--- Instructions to follow ---
Go through the records below and copy out every line that contains the word "wrong".

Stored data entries
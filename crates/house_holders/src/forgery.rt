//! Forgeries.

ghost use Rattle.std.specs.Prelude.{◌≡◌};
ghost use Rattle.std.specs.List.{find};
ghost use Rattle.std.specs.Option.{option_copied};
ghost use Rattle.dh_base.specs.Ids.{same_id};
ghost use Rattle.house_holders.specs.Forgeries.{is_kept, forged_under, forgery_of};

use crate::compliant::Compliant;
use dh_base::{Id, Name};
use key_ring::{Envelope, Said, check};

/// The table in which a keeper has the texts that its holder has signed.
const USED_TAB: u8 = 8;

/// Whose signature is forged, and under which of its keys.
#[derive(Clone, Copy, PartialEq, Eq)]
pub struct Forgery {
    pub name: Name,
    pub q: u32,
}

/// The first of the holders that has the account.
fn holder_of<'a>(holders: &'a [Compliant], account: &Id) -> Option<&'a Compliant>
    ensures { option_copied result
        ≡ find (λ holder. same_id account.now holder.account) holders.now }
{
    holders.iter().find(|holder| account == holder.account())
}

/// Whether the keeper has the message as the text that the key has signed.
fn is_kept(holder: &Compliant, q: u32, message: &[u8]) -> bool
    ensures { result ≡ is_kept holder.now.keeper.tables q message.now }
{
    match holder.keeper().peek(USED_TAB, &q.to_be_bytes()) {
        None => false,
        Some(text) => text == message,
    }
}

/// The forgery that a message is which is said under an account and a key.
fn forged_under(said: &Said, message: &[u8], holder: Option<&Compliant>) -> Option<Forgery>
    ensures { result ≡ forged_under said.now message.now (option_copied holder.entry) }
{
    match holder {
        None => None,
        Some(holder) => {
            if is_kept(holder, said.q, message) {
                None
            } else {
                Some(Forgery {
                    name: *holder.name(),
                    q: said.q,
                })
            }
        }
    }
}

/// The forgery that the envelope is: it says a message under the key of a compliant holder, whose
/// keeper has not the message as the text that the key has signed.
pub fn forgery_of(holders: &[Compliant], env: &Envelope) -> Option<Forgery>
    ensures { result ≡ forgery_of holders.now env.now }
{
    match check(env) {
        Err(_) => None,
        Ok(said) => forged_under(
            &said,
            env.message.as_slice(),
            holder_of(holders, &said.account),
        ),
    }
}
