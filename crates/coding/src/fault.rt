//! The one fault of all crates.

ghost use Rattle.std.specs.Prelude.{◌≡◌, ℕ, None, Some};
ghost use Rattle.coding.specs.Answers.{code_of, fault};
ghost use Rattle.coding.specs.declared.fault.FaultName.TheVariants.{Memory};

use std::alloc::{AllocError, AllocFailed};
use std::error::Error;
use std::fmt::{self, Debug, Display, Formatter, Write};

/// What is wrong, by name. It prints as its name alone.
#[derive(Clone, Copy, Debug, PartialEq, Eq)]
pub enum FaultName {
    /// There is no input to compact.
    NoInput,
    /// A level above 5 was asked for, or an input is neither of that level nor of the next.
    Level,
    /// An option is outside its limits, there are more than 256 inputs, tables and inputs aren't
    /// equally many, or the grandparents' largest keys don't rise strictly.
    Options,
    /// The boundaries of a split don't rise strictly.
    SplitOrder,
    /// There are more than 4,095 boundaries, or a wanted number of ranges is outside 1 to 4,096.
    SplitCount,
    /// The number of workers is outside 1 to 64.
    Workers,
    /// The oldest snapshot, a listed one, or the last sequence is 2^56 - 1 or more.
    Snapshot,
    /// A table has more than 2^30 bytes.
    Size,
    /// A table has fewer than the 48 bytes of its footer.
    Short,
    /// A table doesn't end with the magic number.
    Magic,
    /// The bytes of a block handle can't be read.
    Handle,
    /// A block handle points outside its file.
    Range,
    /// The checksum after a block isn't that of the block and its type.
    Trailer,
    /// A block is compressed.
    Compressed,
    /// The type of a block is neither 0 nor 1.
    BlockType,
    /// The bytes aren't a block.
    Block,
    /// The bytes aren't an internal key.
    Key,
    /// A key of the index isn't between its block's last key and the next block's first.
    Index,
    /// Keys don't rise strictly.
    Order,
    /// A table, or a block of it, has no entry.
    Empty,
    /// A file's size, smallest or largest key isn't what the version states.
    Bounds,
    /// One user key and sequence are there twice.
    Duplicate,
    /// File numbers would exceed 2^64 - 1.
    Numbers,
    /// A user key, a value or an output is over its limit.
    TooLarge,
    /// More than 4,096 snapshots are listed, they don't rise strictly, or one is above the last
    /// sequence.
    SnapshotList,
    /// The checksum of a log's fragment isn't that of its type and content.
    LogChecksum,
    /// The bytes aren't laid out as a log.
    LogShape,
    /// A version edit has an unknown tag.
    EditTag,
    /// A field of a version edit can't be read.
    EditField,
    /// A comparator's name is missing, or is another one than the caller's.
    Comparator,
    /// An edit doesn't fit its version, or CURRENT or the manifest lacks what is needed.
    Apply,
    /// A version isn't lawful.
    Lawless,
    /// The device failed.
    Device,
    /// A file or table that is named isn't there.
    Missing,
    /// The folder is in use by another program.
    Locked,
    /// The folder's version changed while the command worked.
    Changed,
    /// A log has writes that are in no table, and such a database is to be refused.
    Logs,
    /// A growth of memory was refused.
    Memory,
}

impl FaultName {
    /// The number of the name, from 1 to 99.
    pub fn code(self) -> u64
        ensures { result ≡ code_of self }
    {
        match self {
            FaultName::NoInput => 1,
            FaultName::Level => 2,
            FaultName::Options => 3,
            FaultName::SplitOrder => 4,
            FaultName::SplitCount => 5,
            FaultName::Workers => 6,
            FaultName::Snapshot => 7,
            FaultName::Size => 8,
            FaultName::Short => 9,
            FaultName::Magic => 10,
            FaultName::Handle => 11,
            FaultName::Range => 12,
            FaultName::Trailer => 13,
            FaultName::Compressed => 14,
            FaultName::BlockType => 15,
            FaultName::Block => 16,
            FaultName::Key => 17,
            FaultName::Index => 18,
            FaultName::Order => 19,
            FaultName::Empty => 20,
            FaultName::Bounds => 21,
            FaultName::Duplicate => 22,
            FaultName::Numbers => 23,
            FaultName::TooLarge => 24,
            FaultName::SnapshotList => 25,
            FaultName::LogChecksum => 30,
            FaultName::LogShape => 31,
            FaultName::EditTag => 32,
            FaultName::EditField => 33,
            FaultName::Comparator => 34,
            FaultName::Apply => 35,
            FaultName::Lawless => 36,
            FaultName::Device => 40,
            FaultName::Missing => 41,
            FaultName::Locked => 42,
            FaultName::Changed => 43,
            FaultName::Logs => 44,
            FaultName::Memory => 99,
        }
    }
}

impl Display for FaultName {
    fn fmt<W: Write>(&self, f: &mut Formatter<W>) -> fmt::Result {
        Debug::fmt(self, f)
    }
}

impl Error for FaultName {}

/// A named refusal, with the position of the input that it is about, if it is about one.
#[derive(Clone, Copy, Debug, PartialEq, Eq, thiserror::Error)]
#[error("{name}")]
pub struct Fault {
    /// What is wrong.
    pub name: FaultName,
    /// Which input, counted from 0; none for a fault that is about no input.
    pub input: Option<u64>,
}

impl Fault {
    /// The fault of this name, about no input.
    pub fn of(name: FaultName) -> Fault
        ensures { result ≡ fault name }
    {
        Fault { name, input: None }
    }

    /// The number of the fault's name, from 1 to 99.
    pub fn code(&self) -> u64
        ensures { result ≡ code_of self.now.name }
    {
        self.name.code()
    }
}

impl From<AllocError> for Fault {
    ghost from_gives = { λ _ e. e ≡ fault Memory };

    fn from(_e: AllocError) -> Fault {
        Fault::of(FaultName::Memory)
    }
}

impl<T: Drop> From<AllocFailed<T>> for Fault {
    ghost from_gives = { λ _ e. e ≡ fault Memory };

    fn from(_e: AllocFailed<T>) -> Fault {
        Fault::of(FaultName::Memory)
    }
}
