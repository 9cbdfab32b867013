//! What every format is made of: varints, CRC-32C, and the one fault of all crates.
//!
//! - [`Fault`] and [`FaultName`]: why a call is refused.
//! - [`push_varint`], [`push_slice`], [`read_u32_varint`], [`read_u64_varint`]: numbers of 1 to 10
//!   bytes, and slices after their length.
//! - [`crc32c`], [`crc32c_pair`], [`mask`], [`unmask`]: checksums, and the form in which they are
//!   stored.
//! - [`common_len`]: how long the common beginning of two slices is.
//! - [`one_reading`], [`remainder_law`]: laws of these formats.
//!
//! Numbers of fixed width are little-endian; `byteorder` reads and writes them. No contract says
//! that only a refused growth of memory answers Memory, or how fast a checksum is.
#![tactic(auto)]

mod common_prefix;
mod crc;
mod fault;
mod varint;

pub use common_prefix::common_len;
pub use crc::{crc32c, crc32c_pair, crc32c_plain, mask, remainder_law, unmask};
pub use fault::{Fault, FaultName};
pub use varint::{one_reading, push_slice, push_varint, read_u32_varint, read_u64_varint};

...

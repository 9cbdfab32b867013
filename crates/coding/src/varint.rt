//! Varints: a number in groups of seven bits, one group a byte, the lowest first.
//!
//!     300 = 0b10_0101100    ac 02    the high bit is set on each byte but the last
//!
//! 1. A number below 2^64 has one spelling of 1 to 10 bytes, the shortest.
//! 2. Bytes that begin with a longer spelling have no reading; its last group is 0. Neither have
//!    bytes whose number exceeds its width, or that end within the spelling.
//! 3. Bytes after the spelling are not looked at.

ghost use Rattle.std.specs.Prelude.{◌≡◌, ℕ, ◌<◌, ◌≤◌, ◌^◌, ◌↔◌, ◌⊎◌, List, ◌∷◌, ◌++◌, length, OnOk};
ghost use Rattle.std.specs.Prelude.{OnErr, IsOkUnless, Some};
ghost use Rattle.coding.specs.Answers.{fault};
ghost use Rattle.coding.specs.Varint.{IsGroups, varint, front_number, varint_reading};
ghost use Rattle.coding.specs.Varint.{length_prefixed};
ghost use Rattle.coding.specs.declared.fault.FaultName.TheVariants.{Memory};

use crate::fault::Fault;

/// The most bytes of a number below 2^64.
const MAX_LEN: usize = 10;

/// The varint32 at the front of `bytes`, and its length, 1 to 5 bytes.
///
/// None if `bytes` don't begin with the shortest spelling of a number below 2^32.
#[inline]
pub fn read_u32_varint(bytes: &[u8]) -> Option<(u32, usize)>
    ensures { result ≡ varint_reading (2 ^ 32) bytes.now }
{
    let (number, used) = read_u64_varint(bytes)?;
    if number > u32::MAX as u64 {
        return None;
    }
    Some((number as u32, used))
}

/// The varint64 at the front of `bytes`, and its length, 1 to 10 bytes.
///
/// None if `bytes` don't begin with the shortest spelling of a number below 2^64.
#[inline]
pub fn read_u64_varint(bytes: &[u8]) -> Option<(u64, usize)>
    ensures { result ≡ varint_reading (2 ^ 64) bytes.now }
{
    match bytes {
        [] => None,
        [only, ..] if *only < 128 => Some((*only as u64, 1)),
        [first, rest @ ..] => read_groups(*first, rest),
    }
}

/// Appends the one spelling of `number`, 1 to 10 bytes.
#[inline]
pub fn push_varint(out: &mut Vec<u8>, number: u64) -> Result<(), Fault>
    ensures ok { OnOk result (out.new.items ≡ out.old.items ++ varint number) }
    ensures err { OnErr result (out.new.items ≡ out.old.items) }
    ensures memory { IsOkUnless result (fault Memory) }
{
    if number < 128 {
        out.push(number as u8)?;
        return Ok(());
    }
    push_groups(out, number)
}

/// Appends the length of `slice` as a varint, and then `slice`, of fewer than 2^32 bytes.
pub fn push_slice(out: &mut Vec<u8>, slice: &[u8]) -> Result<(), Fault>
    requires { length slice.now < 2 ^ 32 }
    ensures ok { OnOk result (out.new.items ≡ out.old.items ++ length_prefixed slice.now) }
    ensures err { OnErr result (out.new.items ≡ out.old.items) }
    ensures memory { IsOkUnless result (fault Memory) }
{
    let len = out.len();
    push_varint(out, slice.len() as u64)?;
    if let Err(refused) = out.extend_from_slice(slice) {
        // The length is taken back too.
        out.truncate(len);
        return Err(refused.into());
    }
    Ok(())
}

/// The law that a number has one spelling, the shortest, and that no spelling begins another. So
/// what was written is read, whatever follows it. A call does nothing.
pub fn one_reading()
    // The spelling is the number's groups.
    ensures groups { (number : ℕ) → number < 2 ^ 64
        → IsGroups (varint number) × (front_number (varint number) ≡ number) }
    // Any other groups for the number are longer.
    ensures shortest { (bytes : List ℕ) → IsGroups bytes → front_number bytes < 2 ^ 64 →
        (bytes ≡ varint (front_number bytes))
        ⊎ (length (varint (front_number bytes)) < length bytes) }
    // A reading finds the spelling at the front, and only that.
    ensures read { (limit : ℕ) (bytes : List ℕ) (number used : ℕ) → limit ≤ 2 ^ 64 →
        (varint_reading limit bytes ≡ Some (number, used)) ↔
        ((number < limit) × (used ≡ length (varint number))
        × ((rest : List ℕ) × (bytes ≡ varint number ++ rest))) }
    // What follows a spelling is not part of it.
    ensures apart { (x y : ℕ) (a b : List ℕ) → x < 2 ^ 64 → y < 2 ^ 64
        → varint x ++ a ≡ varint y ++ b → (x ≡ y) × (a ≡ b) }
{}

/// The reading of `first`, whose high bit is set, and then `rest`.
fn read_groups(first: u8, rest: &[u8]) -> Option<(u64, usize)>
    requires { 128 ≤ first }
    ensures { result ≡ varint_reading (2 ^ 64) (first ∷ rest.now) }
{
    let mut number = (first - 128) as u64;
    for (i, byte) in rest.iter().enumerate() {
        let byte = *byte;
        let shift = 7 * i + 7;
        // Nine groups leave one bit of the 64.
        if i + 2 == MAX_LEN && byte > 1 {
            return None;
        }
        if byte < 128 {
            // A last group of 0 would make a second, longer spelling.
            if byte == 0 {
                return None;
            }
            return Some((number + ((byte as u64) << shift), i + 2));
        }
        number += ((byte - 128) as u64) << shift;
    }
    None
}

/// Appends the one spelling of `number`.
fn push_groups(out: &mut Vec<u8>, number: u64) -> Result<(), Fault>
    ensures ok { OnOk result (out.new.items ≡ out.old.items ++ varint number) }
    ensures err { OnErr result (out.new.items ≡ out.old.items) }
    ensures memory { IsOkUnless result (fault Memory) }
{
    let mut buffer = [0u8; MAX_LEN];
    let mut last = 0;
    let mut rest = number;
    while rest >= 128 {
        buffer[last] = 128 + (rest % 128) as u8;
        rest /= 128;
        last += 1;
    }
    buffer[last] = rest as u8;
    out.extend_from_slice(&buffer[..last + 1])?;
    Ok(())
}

--- Your response ---
/// What is wrong, by name. It prints as its name alone.
    /// What is wrong.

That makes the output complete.